Problem => In the entries below, find the lines with the word "command" and copy them.

(Collected data entries)
---+---

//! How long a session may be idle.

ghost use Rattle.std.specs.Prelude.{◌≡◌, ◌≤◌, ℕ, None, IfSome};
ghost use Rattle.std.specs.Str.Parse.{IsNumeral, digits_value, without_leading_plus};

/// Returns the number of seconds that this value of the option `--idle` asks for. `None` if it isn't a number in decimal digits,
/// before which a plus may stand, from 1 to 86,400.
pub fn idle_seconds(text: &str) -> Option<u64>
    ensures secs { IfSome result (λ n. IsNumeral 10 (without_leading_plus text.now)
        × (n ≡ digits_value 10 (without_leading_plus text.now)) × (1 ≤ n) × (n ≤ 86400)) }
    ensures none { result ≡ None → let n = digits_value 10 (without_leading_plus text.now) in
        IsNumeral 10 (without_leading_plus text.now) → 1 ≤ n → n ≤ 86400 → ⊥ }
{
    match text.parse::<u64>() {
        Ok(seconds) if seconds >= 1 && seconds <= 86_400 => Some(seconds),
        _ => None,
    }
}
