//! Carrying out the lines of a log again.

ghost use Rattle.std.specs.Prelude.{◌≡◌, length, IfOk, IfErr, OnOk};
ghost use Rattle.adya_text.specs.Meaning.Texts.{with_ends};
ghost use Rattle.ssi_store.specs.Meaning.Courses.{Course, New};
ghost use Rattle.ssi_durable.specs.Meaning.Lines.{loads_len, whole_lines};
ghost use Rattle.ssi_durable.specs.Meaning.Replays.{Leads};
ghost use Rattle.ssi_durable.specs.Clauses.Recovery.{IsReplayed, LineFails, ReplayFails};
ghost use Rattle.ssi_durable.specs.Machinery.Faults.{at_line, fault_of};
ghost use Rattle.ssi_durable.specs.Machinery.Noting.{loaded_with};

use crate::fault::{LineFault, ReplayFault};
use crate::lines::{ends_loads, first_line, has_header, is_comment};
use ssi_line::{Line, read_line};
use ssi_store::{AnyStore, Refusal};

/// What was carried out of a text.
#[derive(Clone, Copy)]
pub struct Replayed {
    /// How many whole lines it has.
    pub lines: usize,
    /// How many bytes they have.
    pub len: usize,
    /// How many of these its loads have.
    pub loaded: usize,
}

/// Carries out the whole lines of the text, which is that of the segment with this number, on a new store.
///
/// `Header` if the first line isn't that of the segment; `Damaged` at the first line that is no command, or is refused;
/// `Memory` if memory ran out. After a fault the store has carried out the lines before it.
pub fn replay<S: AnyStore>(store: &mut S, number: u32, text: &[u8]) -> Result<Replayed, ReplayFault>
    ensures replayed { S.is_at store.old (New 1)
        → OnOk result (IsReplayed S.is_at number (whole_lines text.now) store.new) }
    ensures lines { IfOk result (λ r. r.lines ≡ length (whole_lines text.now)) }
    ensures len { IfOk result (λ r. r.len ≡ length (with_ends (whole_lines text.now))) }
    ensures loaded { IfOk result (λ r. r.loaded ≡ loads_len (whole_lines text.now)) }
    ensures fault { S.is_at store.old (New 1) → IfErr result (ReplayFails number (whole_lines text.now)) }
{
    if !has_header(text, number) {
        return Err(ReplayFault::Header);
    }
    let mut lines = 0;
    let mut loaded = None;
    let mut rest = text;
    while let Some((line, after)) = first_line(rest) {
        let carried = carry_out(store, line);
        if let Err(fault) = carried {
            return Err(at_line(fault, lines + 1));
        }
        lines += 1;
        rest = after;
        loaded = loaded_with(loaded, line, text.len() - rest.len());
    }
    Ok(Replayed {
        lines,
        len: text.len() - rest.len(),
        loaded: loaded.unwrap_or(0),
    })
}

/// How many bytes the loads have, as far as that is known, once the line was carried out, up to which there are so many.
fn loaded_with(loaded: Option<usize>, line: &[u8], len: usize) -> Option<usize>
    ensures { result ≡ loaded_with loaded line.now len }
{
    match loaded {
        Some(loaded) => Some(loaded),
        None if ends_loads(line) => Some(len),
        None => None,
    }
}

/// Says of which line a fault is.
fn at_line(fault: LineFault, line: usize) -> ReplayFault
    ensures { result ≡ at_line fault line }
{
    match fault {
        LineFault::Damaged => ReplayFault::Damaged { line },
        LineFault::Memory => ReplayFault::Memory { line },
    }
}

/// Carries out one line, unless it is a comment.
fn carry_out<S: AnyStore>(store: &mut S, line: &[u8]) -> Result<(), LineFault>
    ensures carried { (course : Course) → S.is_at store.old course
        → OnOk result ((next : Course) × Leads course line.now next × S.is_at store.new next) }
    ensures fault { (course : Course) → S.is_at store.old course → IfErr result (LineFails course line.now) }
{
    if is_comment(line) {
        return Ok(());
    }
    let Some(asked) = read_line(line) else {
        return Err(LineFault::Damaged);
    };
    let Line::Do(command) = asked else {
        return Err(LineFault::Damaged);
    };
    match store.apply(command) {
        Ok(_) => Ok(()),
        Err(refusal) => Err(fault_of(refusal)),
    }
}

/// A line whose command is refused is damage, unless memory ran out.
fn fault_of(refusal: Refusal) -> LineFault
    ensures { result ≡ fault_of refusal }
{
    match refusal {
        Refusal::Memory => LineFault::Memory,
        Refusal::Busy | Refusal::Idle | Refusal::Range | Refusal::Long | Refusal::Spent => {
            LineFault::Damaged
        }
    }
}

---+---

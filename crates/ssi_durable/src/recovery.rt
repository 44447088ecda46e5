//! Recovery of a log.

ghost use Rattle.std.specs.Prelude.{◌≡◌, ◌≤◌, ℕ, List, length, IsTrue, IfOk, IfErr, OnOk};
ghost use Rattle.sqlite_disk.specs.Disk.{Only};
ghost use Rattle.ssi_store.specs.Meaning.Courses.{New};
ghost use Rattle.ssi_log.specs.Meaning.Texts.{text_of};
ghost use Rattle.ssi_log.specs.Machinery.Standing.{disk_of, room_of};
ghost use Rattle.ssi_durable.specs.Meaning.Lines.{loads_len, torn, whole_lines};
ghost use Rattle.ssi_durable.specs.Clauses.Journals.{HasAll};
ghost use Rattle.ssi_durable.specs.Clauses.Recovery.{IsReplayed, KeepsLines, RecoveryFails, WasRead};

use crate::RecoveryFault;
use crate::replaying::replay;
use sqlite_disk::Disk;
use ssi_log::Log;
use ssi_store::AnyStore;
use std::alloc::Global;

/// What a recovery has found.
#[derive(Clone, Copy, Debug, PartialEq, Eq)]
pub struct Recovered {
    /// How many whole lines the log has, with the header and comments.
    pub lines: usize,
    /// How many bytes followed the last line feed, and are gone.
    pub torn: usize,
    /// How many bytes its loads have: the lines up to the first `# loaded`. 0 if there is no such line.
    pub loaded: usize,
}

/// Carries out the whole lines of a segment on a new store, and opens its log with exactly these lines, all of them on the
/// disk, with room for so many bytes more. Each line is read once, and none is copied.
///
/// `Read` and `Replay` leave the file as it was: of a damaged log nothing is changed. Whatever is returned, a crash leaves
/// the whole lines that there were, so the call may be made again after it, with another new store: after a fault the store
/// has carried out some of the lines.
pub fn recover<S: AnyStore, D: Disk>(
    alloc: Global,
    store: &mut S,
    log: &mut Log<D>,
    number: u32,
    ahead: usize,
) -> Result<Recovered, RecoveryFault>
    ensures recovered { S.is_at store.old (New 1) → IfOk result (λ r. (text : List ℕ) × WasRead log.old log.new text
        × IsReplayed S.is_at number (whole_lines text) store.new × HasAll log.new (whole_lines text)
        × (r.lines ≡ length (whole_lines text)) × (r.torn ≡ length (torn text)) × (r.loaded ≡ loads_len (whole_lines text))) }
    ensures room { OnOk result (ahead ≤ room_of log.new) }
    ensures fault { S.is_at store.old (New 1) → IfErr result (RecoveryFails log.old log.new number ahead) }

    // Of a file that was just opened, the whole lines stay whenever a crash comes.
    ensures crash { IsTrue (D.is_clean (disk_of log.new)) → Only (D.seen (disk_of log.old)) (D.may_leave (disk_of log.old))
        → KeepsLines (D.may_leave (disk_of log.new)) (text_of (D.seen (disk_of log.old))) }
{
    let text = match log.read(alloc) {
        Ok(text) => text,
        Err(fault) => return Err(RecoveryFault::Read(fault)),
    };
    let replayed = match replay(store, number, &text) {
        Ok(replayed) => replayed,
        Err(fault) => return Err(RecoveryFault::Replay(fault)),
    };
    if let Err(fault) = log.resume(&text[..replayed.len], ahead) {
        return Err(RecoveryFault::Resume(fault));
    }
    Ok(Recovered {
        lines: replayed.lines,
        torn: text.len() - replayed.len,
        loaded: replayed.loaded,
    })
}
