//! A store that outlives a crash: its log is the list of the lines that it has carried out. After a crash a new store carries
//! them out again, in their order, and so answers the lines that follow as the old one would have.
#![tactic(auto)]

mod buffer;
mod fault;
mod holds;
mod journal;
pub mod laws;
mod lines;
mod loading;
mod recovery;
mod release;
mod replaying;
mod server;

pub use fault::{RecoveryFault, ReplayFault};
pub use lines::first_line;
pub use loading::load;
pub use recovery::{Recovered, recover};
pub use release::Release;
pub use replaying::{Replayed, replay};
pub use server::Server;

---+---

The completed task =>
/// `Header` if the first line isn't that of the segment; `Damaged` at the first line that is no command, or is refused;
    let Line::Do(command) = asked else {
    match store.apply(command) {
/// A line whose command is refused is damage, unless memory ran out.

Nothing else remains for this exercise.